Atinc Ozkan, Analyst
Understood. Thank you.
Butzi Machlis, CEO
With regard to the second question, I don't think that there is one area, which I can identify as a growth engine for the company. Actually, there are different growth engines in each division, in each segment. And each one of them has its own uniqueness and its own capabilities. And that's the beauty of our portfolio, that we are not dependent just on one segment or just on one growth engine.
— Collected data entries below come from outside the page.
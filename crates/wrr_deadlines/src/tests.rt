//! The worked schedules, by both forms.

ghost use Rattle.std.specs.Prelude.{◌≤◌, length};
ghost use Rattle.wrr_deadlines.specs.Schedule.{IsWeighted};
ghost use Rattle.wrr_deadlines.specs.Reduced.{period_len};

use crate::{Drawn, Edf, Memory, Period, Pick, period_of};
use std::alloc::Global;
use std::test::Fail;

const A: u32 = 0;

const B: u32 = 1;

const C: u32 = 2;

fn popped(alloc: Global, weights: &[u32]) -> Result<Vec<u32>, Memory>
    requires few { length weights.now ≤ 64 }
    requires short { period_len weights.now ≤ 65536 }
    requires weighted { IsWeighted weights.now }
{
    let mut schedule = Edf::new(alloc, weights)?;
    let mut pops = Vec::new(alloc);
    for _ in 0..8 {
        if schedule.taken() < 8 {
            pops.push(schedule.pop())?;
        }
    }
    Ok(pops)
}

fn looked_up(alloc: Global, weights: &[u32]) -> Result<Vec<u32>, Memory>
    requires few { length weights.now ≤ 64 }
    requires short { period_len weights.now ≤ 65536 }
    requires weighted { IsWeighted weights.now }
{
    let table = Period::new(alloc, weights)?;
    let mut pops = Vec::new(alloc);
    for n in 1..9 {
        pops.push(table.child_at(n))?;
    }
    Ok(pops)
}

fn pick(from: u64, to: u64, child: u32) -> Drawn {
    Drawn::Pick(Pick { from, to, child })
}

#[test]
fn pops_by_deadline(rt: HostRuntime) -> Result<(), Fail> {
    let alloc = rt.alloc();
    let three_to_one = [3, 1];
    assert_eq!(rt; period_of(&three_to_one), 4);
    let pops = popped(alloc, &three_to_one)?;
    assert_eq!(rt; pops.as_slice(), [A, A, A, B, A, A, A, B].as_slice());
    let pops = looked_up(alloc, &three_to_one)?;
    assert_eq!(rt; pops.as_slice(), [A, A, A, B, A, A, A, B].as_slice());
    let one_to_two = [1, 2];
    let pops = popped(alloc, &one_to_two)?;
    assert_eq!(rt; pops.as_slice(), [B, A, B, B, A, B, B, A].as_slice());
    let pops = looked_up(alloc, &one_to_two)?;
    assert_eq!(rt; pops.as_slice(), [B, A, B, B, A, B, B, A].as_slice());
    Ok(())
}

#[test]
fn passes_over_children_that_are_down(rt: HostRuntime) -> Result<(), Fail> {
    let alloc = rt.alloc();
    let mut schedule = Edf::new(alloc, &[1, 1, 1])?;
    assert_eq!(rt; schedule.choose(6), pick(0, 2, B));
    assert_eq!(rt; schedule.choose(6), pick(2, 3, C));
    assert_eq!(rt; schedule.choose(6), pick(3, 5, B));
    assert_eq!(rt; schedule.choose(6), pick(5, 6, C));
    let table = Period::new(alloc, &[1, 1, 1])?;
    assert_eq!(rt; table.len(), 3);
    assert_eq!(rt; table.first_up(0, 6), pick(0, 2, B));
    assert_eq!(rt; table.first_up(2, 6), pick(2, 3, C));
    assert_eq!(rt; table.first_up(3, 6), pick(3, 5, B));
    assert_eq!(rt; table.first_up(5, 6), pick(5, 6, C));
    let last = 1 << 62;
    assert_eq!(rt; table.first_up(last - 3, 1), pick(last - 3, last, A));
    assert_eq!(rt; table.first_up(last - 2, 1), Drawn::Spent);
    let mut none = Edf::new(alloc, &[0, 0])?;
    assert_eq!(rt; none.choose(3), Drawn::NoneUp);
    let table = Period::new(alloc, &[0, 0])?;
    assert_eq!(rt; table.first_up(0, 3), Drawn::NoneUp);
    Ok(())
}
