//! The segments of a path, and dot segments among them.
ghost use Rattle.std.specs.Prelude.{◌≡◌, ◌≢◌, ℕ, ◌<◌, ◌≤◌, slice_index, ◌++◌, ◌∷◌, ◌⊎◌, [], List, length, IfOk, vec_len};
ghost use Rattle.std.specs.List.{AllByRecursion};
ghost use Rattle.path_norm.specs.Escapes.{Piece, AreSegment, segment_text, segment_written, HasWholeEscapes};
ghost use Rattle.path_norm.specs.Dots.{path_of, is_dots, with_segment};
ghost use Rattle.path_norm.specs.Asked.{dots_of as dots_it_is};
ghost use Rattle.path_norm.specs.Normal.{IsRooted, IsSlashless};

use super::Memory;
use super::escapes::write_segment;

// The first segment of what is left of a path, without its slash, and what follows it.
pub(crate) fn cut_segment(rest: &[u8]) -> (&[u8], &[u8])
    requires rooted { IsRooted rest.now }
    requires whole { HasWholeEscapes rest.now }
    ensures cut { rest.now ≡ (47 ∷ result.0.now) ++ result.1.now }
    ensures slashless { IsSlashless result.0.now }
    ensures whole { HasWholeEscapes result.0.now }
    ensures begins { (result.1.now ≡ []) ⊎ IsRooted result.1.now }
{
    let tail = &rest[1..];
    tail.split_at(segment_len(tail))
}

// The length of the segment that the text begins with.
fn segment_len(text: &[u8]) -> usize
    ensures within { result ≤ length text.now }
    ensures before { (k : ℕ) → k < result → slice_index text.now k ≢ 47 }
    ensures slash { result < length text.now → slice_index text.now result ≡ 47 }
{
    for (i, byte) in text.iter().enumerate() {
        if *byte == b'/' {
            return i;
        }
    }
    text.len()
}

// Adds a segment to the normal path so far, and says whether it was a dot segment.
pub(crate) fn add_segment(segment: &[u8], out: &mut Vec<u8>) -> Result<bool, Memory>
    requires whole { HasWholeEscapes segment.now }
    requires slashless { IsSlashless segment.now }
    ensures { IfOk result (λ dots. (pieces : List Piece) × AreSegment pieces
        × (segment.now ≡ segment_text pieces)
        × ((stack : List (List ℕ)) → AllByRecursion IsSlashless stack → out.old.items ≡ path_of stack
        → (dots ≡ is_dots (segment_written pieces))
        × (out.new.items ≡ path_of (with_segment stack (segment_written pieces))))) }
{
    let start = out.as_slice().len();
    out.push(b'/')?;
    write_segment(segment, out)?;
    Ok(close_segment(out, start))
}

// Takes a dot segment back, and with `..` the one before it. The last segment's slash is at `start`.
fn close_segment(out: &mut Vec<u8>, start: usize) -> bool
    requires { start < vec_len out.old }
    ensures { (stack : List (List ℕ)) (s : List ℕ) → AllByRecursion IsSlashless stack
        → out.old.items ≡ path_of stack ++ 47 ∷ s → start ≡ length (path_of stack)
        → (result ≡ is_dots s) × (out.new.items ≡ path_of (with_segment stack s)) }
{
    match dots_of(&out.as_slice()[start + 1..]) {
        Dots::None => false,
        Dots::Here => {
            out.truncate(start);
            true
        }
        Dots::Parent => {
            let parent = parent_len(&out.as_slice()[..start]);
            out.truncate(parent);
            true
        }
    }
}

// What a segment asks for.
#[derive(Clone, Copy)]
enum Dots {
    None,
    Here,
    Parent,
}

fn dots_of(segment: &[u8]) -> Dots
    ensures { result ≡ dots_it_is segment.now }
{
    match segment {
        b"." => Dots::Here,
        b".." => Dots::Parent,
        _ => Dots::None,
    }
}

// Where the last slash stands.
fn parent_len(path: &[u8]) -> usize
    ensures last { (before s : List ℕ) → IsSlashless s → path.now ≡ before ++ 47 ∷ s
        → result ≡ length before }
    ensures none { path.now ≡ [] → result ≡ 0 }
{
    let mut len = path.len();
    while len > 0 {
        len -= 1;
        if path[len] == b'/' {
            return len;
        }
    }
    0
}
With regard to just to answer your question about swarms and UAVs, of course we have solutions for that, which are based on countermeasures, based on hard-kill solutions and based on energy weapon solutions as well, which we are developing for many customers around the globe. With regards to Japan, we of course respect the decision. Japan is an important market and we know that budgets are increasing in this market. We have collaboration in this place and we have opportunities in Japan. And we're going to continue to work in this market.
Atinc Ozkan, Analyst
Thank you, gentlemen.
Rami Myerson, VP, Investor Relations
Thank you, Atinc.
Operator, Operator
There are no further questions at this time. Before I ask Mr. Machlis to provide his closing statement, I would like to remind participants that a replay of this call will be available two hours after the conference ends. In the U.S., the phone number to call is 1-888-782-4291. For calls from Israel, please use 039-255-900, and for international callers, the number is 9723-9255-900. A replay will also be accessible on the company's website at www.elbitsystems.com.
Butzi Machlis, CEO
Yes, I would like to thank all our employees for their continued hard work and contribution to Elbit Systems' success. To everyone on the call, thank you for joining us today and for your continued support and interest in our company. Have a good day and goodbye.